WHAT IS EXPECTED
Would you retype all of these records exactly?

INPUT
--- START ---
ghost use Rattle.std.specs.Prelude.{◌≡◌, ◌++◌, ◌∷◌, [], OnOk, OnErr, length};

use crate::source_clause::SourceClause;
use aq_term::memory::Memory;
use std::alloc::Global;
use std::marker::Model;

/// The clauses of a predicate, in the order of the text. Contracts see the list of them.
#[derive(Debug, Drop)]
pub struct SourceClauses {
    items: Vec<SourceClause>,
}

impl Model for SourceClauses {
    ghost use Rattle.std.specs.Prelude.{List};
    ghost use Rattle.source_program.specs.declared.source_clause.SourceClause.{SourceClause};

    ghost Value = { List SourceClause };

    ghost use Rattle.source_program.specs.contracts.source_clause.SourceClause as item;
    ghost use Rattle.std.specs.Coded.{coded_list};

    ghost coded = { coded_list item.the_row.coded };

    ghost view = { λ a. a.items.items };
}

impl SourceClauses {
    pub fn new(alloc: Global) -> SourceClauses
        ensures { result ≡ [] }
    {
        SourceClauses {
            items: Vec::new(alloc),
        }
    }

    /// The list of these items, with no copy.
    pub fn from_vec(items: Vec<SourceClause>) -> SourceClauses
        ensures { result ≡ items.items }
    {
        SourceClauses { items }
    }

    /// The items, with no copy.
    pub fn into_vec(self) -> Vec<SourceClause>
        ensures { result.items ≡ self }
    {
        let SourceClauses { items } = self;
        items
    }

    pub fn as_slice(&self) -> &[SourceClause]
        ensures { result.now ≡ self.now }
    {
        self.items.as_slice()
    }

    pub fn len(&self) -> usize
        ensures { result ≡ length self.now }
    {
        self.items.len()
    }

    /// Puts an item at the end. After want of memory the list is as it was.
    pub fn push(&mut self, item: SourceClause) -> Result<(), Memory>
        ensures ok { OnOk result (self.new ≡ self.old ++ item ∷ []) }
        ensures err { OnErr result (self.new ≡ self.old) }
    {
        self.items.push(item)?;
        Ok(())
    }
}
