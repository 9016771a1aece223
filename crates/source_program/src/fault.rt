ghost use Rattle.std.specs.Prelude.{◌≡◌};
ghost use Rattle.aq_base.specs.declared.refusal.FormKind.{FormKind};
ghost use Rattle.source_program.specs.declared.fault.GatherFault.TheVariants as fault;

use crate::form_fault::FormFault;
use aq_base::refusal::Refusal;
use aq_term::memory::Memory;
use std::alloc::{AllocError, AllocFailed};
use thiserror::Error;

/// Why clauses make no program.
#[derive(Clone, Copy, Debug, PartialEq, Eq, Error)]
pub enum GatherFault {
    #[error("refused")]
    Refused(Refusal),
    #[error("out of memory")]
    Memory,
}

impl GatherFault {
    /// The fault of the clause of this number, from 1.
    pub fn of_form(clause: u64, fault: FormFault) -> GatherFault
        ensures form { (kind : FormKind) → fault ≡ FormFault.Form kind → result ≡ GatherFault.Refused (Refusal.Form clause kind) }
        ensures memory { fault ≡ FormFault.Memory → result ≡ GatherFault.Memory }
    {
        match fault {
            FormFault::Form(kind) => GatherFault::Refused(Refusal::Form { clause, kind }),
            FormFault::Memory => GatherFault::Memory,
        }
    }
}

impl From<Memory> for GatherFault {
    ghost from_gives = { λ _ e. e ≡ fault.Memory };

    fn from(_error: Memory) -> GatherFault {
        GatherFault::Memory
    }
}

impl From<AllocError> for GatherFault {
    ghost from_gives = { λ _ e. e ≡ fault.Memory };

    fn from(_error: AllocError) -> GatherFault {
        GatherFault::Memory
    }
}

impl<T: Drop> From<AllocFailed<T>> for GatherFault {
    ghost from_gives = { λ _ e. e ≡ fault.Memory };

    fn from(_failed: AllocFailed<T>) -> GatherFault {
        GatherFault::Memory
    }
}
--- END ---
EXERCISE RESULT
ghost use Rattle.std.specs.Prelude.{◌≡◌, ◌++◌, ◌∷◌, [], OnOk, OnErr, length};

use crate::source_clause::SourceClause;
use aq_term::memory::Memory;
use std::alloc::Global;
use std::marker::Model;

/// The clauses of a predicate, in the order of the text. Contracts see the list of them.
#[derive(Debug, Drop)]
pub struct SourceClauses {
    items: Vec<SourceClause>,
}

impl Model for SourceClauses {
    ghost use Rattle.std.specs.Prelude.{List};
    ghost use Rattle.source_program.specs.declared.source_clause.SourceClause.{SourceClause};

    ghost Value = { List SourceClause };

    ghost use Rattle.source_program.specs.contracts.source_clause.SourceClause as item;
    ghost use Rattle.std.specs.Coded.{coded_list};

    ghost coded = { coded_list item.the_row.coded };

    ghost view = { λ a. a.items.items };
}

impl SourceClauses {
    pub fn new(alloc: Global) -> SourceClauses
        ensures { result ≡ [] }
    {
        SourceClauses {
            items: Vec::new(alloc),
        }
    }

    /// The list of these items, with no copy.
    pub fn from_vec(items: Vec<SourceClause>) -> SourceClauses
        ensures { result ≡ items.items }
    {
        SourceClauses { items }
    }

    /// The items, with no copy.
    pub fn into_vec(self) -> Vec<SourceClause>
        ensures { result.items ≡ self }
    {
        let SourceClauses { items } = self;
        items
    }

    pub fn as_slice(&self) -> &[SourceClause]
        ensures { result.now ≡ self.now }
    {
        self.items.as_slice()
    }

    pub fn len(&self) -> usize
        ensures { result ≡ length self.now }
    {
        self.items.len()
    }

    /// Puts an item at the end. After want of memory the list is as it was.
    pub fn push(&mut self, item: SourceClause) -> Result<(), Memory>
        ensures ok { OnOk result (self.new ≡ self.old ++ item ∷ []) }
        ensures err { OnErr result (self.new ≡ self.old) }
    {
        self.items.push(item)?;
        Ok(())
    }
}
repository 9016771a1aece223
filename crates/source_program/src/fault.rt
ghost use Rattle.std.specs.Prelude.{◌≡◌};
ghost use Rattle.aq_base.specs.declared.refusal.FormKind.{FormKind};
ghost use Rattle.source_program.specs.declared.fault.GatherFault.TheVariants as fault;

use crate::form_fault::FormFault;
use aq_base::refusal::Refusal;
use aq_term::memory::Memory;
use std::alloc::{AllocError, AllocFailed};
use thiserror::Error;

/// Why clauses make no program.
#[derive(Clone, Copy, Debug, PartialEq, Eq, Error)]
pub enum GatherFault {
    #[error("refused")]
    Refused(Refusal),
    #[error("out of memory")]
    Memory,
}

impl GatherFault {
    /// The fault of the clause of this number, from 1.
    pub fn of_form(clause: u64, fault: FormFault) -> GatherFault
        ensures form { (kind : FormKind) → fault ≡ FormFault.Form kind → result ≡ GatherFault.Refused (Refusal.Form clause kind) }
        ensures memory { fault ≡ FormFault.Memory → result ≡ GatherFault.Memory }
    {
        match fault {
            FormFault::Form(kind) => GatherFault::Refused(Refusal::Form { clause, kind }),
            FormFault::Memory => GatherFault::Memory,
        }
    }
}

impl From<Memory> for GatherFault {
    ghost from_gives = { λ _ e. e ≡ fault.Memory };

    fn from(_error: Memory) -> GatherFault {
        GatherFault::Memory
    }
}

impl From<AllocError> for GatherFault {
    ghost from_gives = { λ _ e. e ≡ fault.Memory };

    fn from(_error: AllocError) -> GatherFault {
        GatherFault::Memory
    }
}

impl<T: Drop> From<AllocFailed<T>> for GatherFault {
    ghost from_gives = { λ _ e. e ≡ fault.Memory };

    fn from(_failed: AllocFailed<T>) -> GatherFault {
        GatherFault::Memory
    }
}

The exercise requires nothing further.